When I say “Dylan fan,” I primarily mean this Dylan, the mad, visionary, stream of consciousness, poetry-wielding Dylan; the spindly guy with the mercury mouth, spitting out strange, beautiful, extraordinary, lyrical rivers of words at a dizzying rate. The young rock and roller who over-stuffed his songs with lyrics and imagery so vivid and thought-provoking, no one else came close. A snappily-attired little dude in suits, black shades, fuzzy hair, with a stilted and cryptic manner. The Dylan of “Highway 61”“Blonde on Blonde,” , Bringing it All Back Home, and the legendary “Judas” 1966 world tour.

The nearly out of control, walking on a razor’s edge Dylan. The one who looked like he was lost in an amphetamine-fueled dream, running at a jittery, hyper-speed because he was onto something new and strangely uncommon, and he had to get it down on paper, recorded to tape, before it burst into flame, or evaporated.

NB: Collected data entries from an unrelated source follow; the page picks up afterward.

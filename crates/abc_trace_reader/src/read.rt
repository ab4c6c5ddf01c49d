//! A trace, read back from its text.
ghost use Rattle.std.specs.Prelude.{◌≡◌, ◌++◌, ◌∷◌, ◌≤◌, ◌<◌, ◌^◌, length, IfOk, IfErr};
ghost use Rattle.abc_trace.specs.Lines.{ended};
ghost use Rattle.abc_trace.specs.WellFormed.{HeadIsWellFormed};
ghost use Rattle.abc_trace_lines.specs.Plain as plain;
ghost use Rattle.abc_trace_lines.specs.Plain.{line_text};
ghost use Rattle.abc_trace_order.specs.Lines.{front_text};
ghost use Rattle.abc_trace_order.specs.Reading.{IsReading, IsReadTo, IsReadAll, IsFirst, HasNoLine, trace_of};
ghost use Rattle.abc_trace_order.specs.Texts.{IsOneLine, IsReadAs, IsTraceRefusal, AnswersTrace};

use crate::places::{first_line, place_of};
use crate::steps::take_line;
use crate::words::texts;
use abc_lexer::Names;
use abc_trace::{Head, Trace};
use abc_trace_lines::{LineParts, lines_are_one, read_line};
use abc_trace_order::{Reading, Step, TraceRefusal};
use abc_trace_preds::preds_stay;
use abc_value::{List, NoMemory};
use std::alloc::Global;

/// The trace whose text these bytes are, its names numbered as their words are first met.
///
/// `BadLine` has the place of the first line with which no text of a trace goes on; a line is its bytes
/// together with their line feed, so bytes behind the last line feed are a bad line. `Missing` has the
/// text's length, where the text ends with a line and a trace goes on behind it.
pub fn read_trace(alloc: Global, bytes: &[u8]) -> Result<Trace, TraceRefusal>
    requires { length bytes.now < 2 ^ 32 }
    ensures read { IfOk result (IsReadAs bytes.now) }
    ensures refused { IfErr result (IsTraceRefusal bytes.now) }
    ensures exact { AnswersTrace bytes.now result }
{
    let (mut reading, behind) = match read_first(alloc, bytes) {
        Ok(first) => first,
        Err(refusal) => return Err(refusal),
    };
    let rest = match read_lines(alloc, bytes, behind, &mut reading) {
        Ok(rest) => rest,
        Err(refusal) => return Err(refusal),
    };
    if !rest.is_empty() {
        lines_are_one();
        return Err(TraceRefusal::BadLine {
            place: place_of(bytes, rest),
        });
    }
    match finish(alloc, reading) {
        Ok(trace) => Ok(trace),
        Err(NoMemory) => Err(TraceRefusal::NoMemory),
    }
}

/// The first line, which says of what the trace is, and what stands behind it.
fn read_first<'t>(alloc: Global, bytes: &'t [u8]) -> Result<(Reading<'t>, &'t [u8]), TraceRefusal>
    requires { length bytes.now < 2 ^ 32 }
    ensures read { IfOk result (λ r. IsReadTo bytes.now r.1.now r.0) }
    ensures refused { IfErr result (IsTraceRefusal bytes.now) }
{
    lines_are_one();
    preds_stay();
    let (line, behind) = match next_line(bytes, bytes) {
        Ok(split) => split,
        Err(refusal) => return Err(refusal),
    };
    match read_head(alloc, line) {
        Ok(Some(head)) => Ok((begin(alloc, head), behind)),
        Ok(None) => Err(TraceRefusal::BadLine { place: 0 }),
        Err(NoMemory) => Err(TraceRefusal::NoMemory),
    }
}

/// What a first line says; None where it is none.
fn read_head(alloc: Global, line: &[u8]) -> Result<Option<Head>, NoMemory>
    ensures { IfOk result (λ head. IsFirst line.now head) }
{
    lines_are_one();
    match read_line(alloc, line)? {
        None => Ok(None),
        Some(LineParts::First(head)) => Ok(Some(head)),
        Some(LineParts::Number(_, _, _)) => Ok(None),
        Some(LineParts::Env(_, _)) => Ok(None),
        Some(LineParts::Node(_, _)) => Ok(None),
        Some(LineParts::Last(_, _)) => Ok(None),
    }
}

/// A trace of which the first line stands.
fn begin<'t>(alloc: Global, head: Head) -> Reading<'t>
    requires { HeadIsWellFormed head }
    ensures reading { IsReading result }
    ensures text { front_text (trace_of result) ≡ ended (line_text (plain.First head)) }
{
    Reading {
        head,
        lines: List::new(alloc),
        finals: List::new(alloc),
        handled: List::new(alloc),
        names: Names::new(alloc),
        components: Names::new(alloc),
    }
}

/// The lines up to the last one of a trace, and what stands behind it.
fn read_lines<'t>(
    alloc: Global,
    bytes: &'t [u8],
    behind: &'t [u8],
    reading: &mut Reading<'t>,
) -> Result<&'t [u8], TraceRefusal>
    requires read { IsReadTo bytes.now behind.now reading.old }
    requires short { length bytes.now < 2 ^ 32 }
    ensures read { IfOk result (λ rest. IsReadAll bytes.now rest.now reading.new) }
    ensures refused { IfErr result (IsTraceRefusal bytes.now) }
{
    lines_are_one();
    preds_stay();
    let mut rest = behind;
    'lines: loop {
        let (line, more) = match next_line(bytes, rest) {
            Ok(split) => split,
            Err(refusal) => return Err(refusal),
        };
        match take_line(alloc, reading, line) {
            Ok(Step::Bad) => {
                return Err(TraceRefusal::BadLine {
                    place: place_of(bytes, rest),
                });
            }
            Ok(Step::More) => rest = more,
            Ok(Step::Last) => return Ok(more),
            Err(NoMemory) => return Err(TraceRefusal::NoMemory),
        }
    }
}

/// The line at the front of the rest of a text, and what stands behind it.
fn next_line<'t>(bytes: &[u8], rest: &'t [u8]) -> Result<(&'t [u8], &'t [u8]), TraceRefusal>
    requires back { length rest.now ≤ length bytes.now }
    requires short { length bytes.now < 2 ^ 32 }
    ensures ok { IfOk result (λ s. (rest.now ≡ s.0.now ++ 10 ∷ s.1.now) × IsOneLine s.0.now) }
    ensures err { IfErr result (HasNoLine bytes.now rest.now) }
{
    match first_line(rest) {
        Some(split) => Ok(split),
        None => {
            let place = place_of(bytes, rest);
            if rest.is_empty() {
                Err(TraceRefusal::Missing { place })
            } else {
                Err(TraceRefusal::BadLine { place })
            }
        }
    }
}

/// The trace that was read.
fn finish(alloc: Global, reading: Reading<'_>) -> Result<Trace, NoMemory>
    requires { IsReading reading }
    ensures { IfOk result (λ t. t ≡ trace_of reading.entry) }
{
    let Reading {
        head,
        lines,
        finals,
        handled,
        names,
        components: _,
    } = reading;
    Ok(Trace {
        names: texts(alloc, names.words())?,
        head,
        lines,
        finals,
        handled,
    })
}
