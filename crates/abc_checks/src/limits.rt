/// The most parts that a component can have side by side.
pub const WIDEST: usize = 64;

/// The most parts that a walk over the unguarded part of a process meets.
pub const BROADEST: usize = 2048;

/// The most components of a program.
pub const MOST_COMPONENTS: usize = 256;
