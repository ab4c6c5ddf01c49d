//! A text that is to be one predicate, its words numbered as they are met.
ghost use Rattle.std.specs.Prelude.{◌≡◌, ◌<◌, ◌^◌, ◌↔◌, [], length, IsTrue, IfOk};
ghost use Rattle.abc_pred.specs.Standing.{pred_of};
ghost use Rattle.abc_grammar.specs.Fronts.{IsLongest};
ghost use Rattle.abc_lexemes.specs.Lexed.{IsLexed};
ghost use Rattle.abc_printed.specs.Printed.{pred_text};
ghost use Rattle.abc_trace_preds.specs.Alone.{IsWhole, IsAlone};

use crate::closed::is_closed;
use abc_lexemes::{Lexed, new_names, read_lexemes};
use abc_lexer::Names;
use abc_parse::{Front, front_of};
use abc_pred::Pred;
use abc_print::append_pred;
use abc_value::{List, NoMemory, ShortText};
use std::alloc::Global;

/// A predicate with the words that it names, each at its number.
#[derive(Drop)]
pub(crate) struct Alone<'t> {
    pub(crate) pred: Pred,
    pub(crate) names: Names<'t>,
}

/// Whether these bytes are the canonical text of the predicate.
fn is_print(
    alloc: Global,
    pred: &Pred,
    names: &List<ShortText>,
    bytes: &[u8],
) -> Result<bool, NoMemory>
    ensures { IfOk result (λ b. IsTrue b ↔ (pred_text names.now (pred_of pred.now) ≡ bytes.now)) }
{
    let mut text = List::new(alloc);
    append_pred(pred, names, &mut text)?;
    Ok(text.as_slice() == bytes)
}

/// Whether all the lexemes are this predicate, it is closed, and the text is its canonical one.
fn is_whole(
    alloc: Global,
    bytes: &[u8],
    lexed: &Lexed<'_>,
    count: usize,
    pred: &Pred,
) -> Result<bool, NoMemory>
    requires lexed { IsLexed [] bytes.now lexed.now }
    requires front { IsLongest lexed.now.lexemes count (pred_of pred.now) }
    ensures { IfOk result (λ b. IsTrue b ↔ IsWhole bytes.now lexed.now count (pred_of pred.now)) }
{
    if lexed.fault.is_some() {
        return Ok(false);
    }
    if count != lexed.lexemes.len() {
        return Ok(false);
    }
    if !is_closed(pred) {
        return Ok(false);
    }
    let names = new_names(alloc, &[], bytes, lexed, count)?;
    is_print(alloc, pred, &names, bytes)
}

/// The predicate whose text these bytes are; None where there is none.
pub(crate) fn read_alone<'t>(alloc: Global, bytes: &'t [u8]) -> Result<Option<Alone<'t>>, NoMemory>
    requires { length bytes.now < 2 ^ 32 }
    ensures { IfOk result (λ a. IsAlone bytes.now a) }
{
    let lexed = read_lexemes(alloc, &[], bytes)?;
    match front_of(alloc, lexed.lexemes.as_slice())? {
        Front::Pred(pred, count) => {
            if !is_whole(alloc, bytes, &lexed, count, &pred)? {
                return Ok(None);
            }
            let Lexed { names, .. } = lexed;
            Ok(Some(Alone { pred, names }))
        }
        Front::Refused(_, _) => Ok(None),
        Front::Ends => Ok(None),
    }
}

It is this Dylan, this voice, that I turn to when I hit bottom. It’s this Dylan that inspires me, and makes me laugh. He reminds me that a song can be art, and art can be everything. Alive. No rules, no boundaries. Listen to “Like a Rolling Stone,” “Desolation Row,” “Positively 4th Street,” “Visions of Johanna,” “Sad-Eyed Lady of the Low Lands,” “Mr. Tambourine Man,” “Just Like Tom Thumb Blues,” “Tombstone Blues,” “It Takes a Lot to Laugh, it Takes a Train to Cry,” etc. – thrilling, dazzling.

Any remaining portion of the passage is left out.